**EXERCISE DETAILS**: Whenever a line of the material contains the string "antt", it should be copied.
[Start of section]
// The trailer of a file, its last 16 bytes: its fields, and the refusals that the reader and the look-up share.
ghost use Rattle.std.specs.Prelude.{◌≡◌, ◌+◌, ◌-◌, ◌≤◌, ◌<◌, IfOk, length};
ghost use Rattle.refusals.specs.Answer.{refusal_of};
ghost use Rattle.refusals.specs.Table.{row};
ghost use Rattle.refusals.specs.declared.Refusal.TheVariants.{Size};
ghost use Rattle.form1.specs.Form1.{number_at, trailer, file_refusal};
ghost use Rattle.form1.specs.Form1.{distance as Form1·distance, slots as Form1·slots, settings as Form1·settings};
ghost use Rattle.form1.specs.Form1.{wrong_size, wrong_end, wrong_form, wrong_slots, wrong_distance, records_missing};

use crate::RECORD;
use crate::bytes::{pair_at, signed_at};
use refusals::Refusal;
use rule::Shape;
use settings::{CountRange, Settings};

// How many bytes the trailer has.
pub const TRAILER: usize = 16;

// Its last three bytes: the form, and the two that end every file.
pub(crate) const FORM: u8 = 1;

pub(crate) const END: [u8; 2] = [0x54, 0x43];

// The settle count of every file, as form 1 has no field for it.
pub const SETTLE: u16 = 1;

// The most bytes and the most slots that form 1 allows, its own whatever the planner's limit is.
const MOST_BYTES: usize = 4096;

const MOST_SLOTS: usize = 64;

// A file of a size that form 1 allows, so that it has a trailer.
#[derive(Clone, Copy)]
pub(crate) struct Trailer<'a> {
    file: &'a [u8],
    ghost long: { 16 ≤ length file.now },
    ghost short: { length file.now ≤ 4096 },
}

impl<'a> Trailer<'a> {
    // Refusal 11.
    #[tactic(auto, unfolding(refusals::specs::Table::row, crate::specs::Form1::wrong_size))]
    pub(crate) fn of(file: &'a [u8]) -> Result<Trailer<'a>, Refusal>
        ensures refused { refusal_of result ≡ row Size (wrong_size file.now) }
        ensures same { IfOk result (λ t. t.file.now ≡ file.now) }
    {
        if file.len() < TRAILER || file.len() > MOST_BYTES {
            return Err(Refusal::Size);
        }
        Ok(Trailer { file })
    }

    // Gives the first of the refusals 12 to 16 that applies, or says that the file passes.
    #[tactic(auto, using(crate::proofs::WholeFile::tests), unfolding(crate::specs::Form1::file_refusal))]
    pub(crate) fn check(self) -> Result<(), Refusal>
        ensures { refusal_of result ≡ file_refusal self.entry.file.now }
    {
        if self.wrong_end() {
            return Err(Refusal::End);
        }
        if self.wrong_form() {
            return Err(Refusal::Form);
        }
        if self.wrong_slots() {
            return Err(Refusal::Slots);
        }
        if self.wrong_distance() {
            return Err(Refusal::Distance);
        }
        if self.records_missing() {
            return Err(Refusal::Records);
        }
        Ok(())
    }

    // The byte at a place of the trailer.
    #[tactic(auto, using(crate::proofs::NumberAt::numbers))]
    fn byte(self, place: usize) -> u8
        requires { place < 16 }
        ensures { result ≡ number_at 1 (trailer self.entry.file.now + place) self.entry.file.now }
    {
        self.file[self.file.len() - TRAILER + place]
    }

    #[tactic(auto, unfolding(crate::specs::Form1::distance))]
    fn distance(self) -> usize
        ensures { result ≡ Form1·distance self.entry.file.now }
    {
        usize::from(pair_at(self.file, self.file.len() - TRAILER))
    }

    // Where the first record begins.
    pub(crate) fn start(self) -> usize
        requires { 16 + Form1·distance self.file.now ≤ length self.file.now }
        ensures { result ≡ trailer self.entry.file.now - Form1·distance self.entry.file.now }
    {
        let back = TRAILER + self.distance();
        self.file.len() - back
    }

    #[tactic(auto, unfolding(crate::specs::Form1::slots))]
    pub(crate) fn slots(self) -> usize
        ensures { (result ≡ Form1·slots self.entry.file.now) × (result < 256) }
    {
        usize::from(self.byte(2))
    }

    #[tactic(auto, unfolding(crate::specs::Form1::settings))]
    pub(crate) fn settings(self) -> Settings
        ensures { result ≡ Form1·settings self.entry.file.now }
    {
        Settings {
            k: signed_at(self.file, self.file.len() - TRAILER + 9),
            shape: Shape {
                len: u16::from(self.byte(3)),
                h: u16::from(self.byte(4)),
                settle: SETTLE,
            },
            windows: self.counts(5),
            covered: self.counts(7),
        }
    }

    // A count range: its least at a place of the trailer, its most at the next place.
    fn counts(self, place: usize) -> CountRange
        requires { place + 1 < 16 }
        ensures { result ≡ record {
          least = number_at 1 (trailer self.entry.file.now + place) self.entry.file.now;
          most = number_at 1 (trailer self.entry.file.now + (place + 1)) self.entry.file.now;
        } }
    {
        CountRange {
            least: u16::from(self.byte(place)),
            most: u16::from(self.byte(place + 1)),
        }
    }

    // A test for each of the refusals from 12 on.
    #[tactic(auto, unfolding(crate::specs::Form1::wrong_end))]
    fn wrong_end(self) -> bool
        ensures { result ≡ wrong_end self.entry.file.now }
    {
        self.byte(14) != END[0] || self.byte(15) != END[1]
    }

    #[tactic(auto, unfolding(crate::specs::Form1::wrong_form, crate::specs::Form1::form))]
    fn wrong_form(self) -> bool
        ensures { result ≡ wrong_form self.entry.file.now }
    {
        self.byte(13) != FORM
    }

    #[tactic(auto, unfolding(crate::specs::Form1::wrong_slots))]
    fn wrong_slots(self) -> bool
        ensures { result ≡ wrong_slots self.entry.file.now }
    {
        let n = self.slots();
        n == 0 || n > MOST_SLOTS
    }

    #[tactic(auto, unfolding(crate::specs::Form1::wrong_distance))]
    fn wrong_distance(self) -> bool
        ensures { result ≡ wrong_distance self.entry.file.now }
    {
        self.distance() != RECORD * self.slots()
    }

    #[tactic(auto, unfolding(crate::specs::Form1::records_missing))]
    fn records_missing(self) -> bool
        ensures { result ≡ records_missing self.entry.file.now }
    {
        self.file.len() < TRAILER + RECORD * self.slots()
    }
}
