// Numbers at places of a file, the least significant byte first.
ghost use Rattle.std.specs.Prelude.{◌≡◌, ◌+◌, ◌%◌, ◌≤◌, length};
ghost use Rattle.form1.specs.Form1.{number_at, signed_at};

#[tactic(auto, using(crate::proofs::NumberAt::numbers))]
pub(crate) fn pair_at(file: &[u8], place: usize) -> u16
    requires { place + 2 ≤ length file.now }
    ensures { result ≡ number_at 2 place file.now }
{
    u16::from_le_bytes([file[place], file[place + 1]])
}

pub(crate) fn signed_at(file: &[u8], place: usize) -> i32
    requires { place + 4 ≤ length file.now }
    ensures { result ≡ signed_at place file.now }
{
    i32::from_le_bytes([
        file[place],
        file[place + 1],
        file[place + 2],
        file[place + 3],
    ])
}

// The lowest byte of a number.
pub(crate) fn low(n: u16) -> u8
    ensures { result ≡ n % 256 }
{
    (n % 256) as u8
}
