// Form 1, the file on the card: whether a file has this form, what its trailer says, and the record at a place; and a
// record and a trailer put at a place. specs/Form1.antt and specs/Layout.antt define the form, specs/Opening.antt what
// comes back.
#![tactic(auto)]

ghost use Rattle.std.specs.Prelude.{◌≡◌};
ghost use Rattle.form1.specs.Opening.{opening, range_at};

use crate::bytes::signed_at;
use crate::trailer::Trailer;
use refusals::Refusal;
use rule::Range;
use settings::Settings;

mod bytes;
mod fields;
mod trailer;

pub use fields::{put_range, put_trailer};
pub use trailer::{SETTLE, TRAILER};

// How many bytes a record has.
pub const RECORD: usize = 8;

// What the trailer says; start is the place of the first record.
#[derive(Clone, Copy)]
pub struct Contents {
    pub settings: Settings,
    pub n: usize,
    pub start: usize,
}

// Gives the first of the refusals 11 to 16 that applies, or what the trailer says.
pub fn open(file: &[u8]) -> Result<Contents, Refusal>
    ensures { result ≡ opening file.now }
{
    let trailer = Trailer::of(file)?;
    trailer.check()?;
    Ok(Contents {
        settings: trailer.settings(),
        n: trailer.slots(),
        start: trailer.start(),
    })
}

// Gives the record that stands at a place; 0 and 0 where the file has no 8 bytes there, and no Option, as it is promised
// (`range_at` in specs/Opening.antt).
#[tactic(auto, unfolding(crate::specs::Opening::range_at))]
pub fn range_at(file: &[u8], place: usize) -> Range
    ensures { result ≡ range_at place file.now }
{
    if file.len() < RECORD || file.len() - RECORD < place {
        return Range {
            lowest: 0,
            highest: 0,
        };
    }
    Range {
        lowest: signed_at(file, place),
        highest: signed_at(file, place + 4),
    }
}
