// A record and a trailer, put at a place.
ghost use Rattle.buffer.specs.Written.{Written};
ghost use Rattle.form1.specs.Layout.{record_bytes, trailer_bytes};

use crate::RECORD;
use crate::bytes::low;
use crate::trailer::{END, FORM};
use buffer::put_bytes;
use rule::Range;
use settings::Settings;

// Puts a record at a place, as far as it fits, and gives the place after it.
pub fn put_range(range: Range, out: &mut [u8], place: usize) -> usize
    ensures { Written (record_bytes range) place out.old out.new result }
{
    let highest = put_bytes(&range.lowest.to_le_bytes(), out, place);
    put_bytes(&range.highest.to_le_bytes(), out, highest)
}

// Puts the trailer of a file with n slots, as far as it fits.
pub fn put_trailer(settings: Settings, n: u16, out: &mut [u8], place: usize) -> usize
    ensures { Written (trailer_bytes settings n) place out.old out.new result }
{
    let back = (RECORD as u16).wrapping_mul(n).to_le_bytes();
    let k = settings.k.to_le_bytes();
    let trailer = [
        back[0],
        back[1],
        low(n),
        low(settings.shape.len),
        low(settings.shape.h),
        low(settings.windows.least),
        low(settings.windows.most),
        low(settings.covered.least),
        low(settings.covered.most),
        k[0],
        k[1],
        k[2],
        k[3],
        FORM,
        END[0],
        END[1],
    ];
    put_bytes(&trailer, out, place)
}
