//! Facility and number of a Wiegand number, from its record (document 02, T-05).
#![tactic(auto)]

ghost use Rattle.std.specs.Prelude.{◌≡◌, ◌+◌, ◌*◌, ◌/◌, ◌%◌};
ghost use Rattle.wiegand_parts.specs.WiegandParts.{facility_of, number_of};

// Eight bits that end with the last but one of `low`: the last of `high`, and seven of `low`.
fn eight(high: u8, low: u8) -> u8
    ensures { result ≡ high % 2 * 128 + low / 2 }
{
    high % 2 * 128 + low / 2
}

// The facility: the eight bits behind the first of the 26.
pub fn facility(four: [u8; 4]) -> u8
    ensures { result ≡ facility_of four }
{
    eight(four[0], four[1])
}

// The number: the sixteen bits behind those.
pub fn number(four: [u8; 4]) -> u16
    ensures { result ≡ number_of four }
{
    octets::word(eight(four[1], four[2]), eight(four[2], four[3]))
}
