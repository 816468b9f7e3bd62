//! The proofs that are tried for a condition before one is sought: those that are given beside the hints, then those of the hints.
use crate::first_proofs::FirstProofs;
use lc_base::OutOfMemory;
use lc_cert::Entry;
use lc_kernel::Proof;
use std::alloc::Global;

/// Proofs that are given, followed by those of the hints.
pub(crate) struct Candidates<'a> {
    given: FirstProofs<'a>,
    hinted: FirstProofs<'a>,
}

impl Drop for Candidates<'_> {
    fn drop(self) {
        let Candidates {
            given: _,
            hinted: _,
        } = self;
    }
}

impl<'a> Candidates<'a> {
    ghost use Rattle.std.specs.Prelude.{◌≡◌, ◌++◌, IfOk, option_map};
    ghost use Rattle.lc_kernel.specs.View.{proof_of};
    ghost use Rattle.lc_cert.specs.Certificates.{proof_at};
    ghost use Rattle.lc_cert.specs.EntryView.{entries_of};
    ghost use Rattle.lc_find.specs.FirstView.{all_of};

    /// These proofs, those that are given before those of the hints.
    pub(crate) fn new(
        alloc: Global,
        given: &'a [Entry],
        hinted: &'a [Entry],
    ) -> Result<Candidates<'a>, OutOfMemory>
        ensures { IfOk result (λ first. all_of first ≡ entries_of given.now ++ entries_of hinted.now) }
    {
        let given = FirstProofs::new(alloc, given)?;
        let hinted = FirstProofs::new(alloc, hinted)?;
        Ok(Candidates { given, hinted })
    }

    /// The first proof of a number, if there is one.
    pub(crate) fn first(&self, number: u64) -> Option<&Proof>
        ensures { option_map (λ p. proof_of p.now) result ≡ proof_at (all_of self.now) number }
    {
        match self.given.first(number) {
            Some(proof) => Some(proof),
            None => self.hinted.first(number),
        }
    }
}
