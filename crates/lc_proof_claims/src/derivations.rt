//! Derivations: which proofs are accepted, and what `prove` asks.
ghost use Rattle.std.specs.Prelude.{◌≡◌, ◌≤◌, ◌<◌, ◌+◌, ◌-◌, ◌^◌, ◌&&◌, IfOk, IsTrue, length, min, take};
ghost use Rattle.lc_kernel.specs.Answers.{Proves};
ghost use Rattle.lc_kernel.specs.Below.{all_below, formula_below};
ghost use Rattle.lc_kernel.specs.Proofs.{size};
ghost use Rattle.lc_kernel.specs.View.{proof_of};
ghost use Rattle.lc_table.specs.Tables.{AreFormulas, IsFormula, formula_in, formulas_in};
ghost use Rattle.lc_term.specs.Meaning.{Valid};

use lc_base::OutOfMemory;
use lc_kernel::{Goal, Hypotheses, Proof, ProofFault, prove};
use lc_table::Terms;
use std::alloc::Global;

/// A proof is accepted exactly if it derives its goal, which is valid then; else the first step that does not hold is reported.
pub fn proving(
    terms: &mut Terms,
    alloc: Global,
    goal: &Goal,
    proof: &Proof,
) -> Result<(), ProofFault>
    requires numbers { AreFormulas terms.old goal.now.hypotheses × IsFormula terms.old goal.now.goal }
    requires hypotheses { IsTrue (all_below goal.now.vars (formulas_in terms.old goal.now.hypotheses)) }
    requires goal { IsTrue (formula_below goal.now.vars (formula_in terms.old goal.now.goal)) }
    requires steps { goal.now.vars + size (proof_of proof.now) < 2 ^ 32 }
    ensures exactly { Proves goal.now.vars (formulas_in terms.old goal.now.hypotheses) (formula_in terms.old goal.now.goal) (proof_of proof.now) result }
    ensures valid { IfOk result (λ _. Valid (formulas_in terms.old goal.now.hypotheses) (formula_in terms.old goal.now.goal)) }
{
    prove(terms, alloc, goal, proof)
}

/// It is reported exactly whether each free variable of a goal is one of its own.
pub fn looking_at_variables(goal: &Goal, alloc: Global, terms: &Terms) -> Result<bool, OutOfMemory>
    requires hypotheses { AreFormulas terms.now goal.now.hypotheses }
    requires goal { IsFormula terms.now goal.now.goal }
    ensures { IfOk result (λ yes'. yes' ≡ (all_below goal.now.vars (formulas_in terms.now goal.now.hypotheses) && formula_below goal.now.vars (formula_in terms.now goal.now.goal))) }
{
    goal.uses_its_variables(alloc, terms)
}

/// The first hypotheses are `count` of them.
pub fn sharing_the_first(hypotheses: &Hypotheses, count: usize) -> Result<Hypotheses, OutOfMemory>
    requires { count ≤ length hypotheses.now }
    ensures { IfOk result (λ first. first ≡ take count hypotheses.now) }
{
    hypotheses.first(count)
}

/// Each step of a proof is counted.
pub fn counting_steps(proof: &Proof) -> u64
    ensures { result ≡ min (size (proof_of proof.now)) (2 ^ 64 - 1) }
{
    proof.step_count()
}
[End of section]
**RESPONSE AREA**:
// record and a trailer put at a place. specs/Form1.antt and specs/Layout.antt define the form, specs/Opening.antt what
// (`range_at` in specs/Opening.antt).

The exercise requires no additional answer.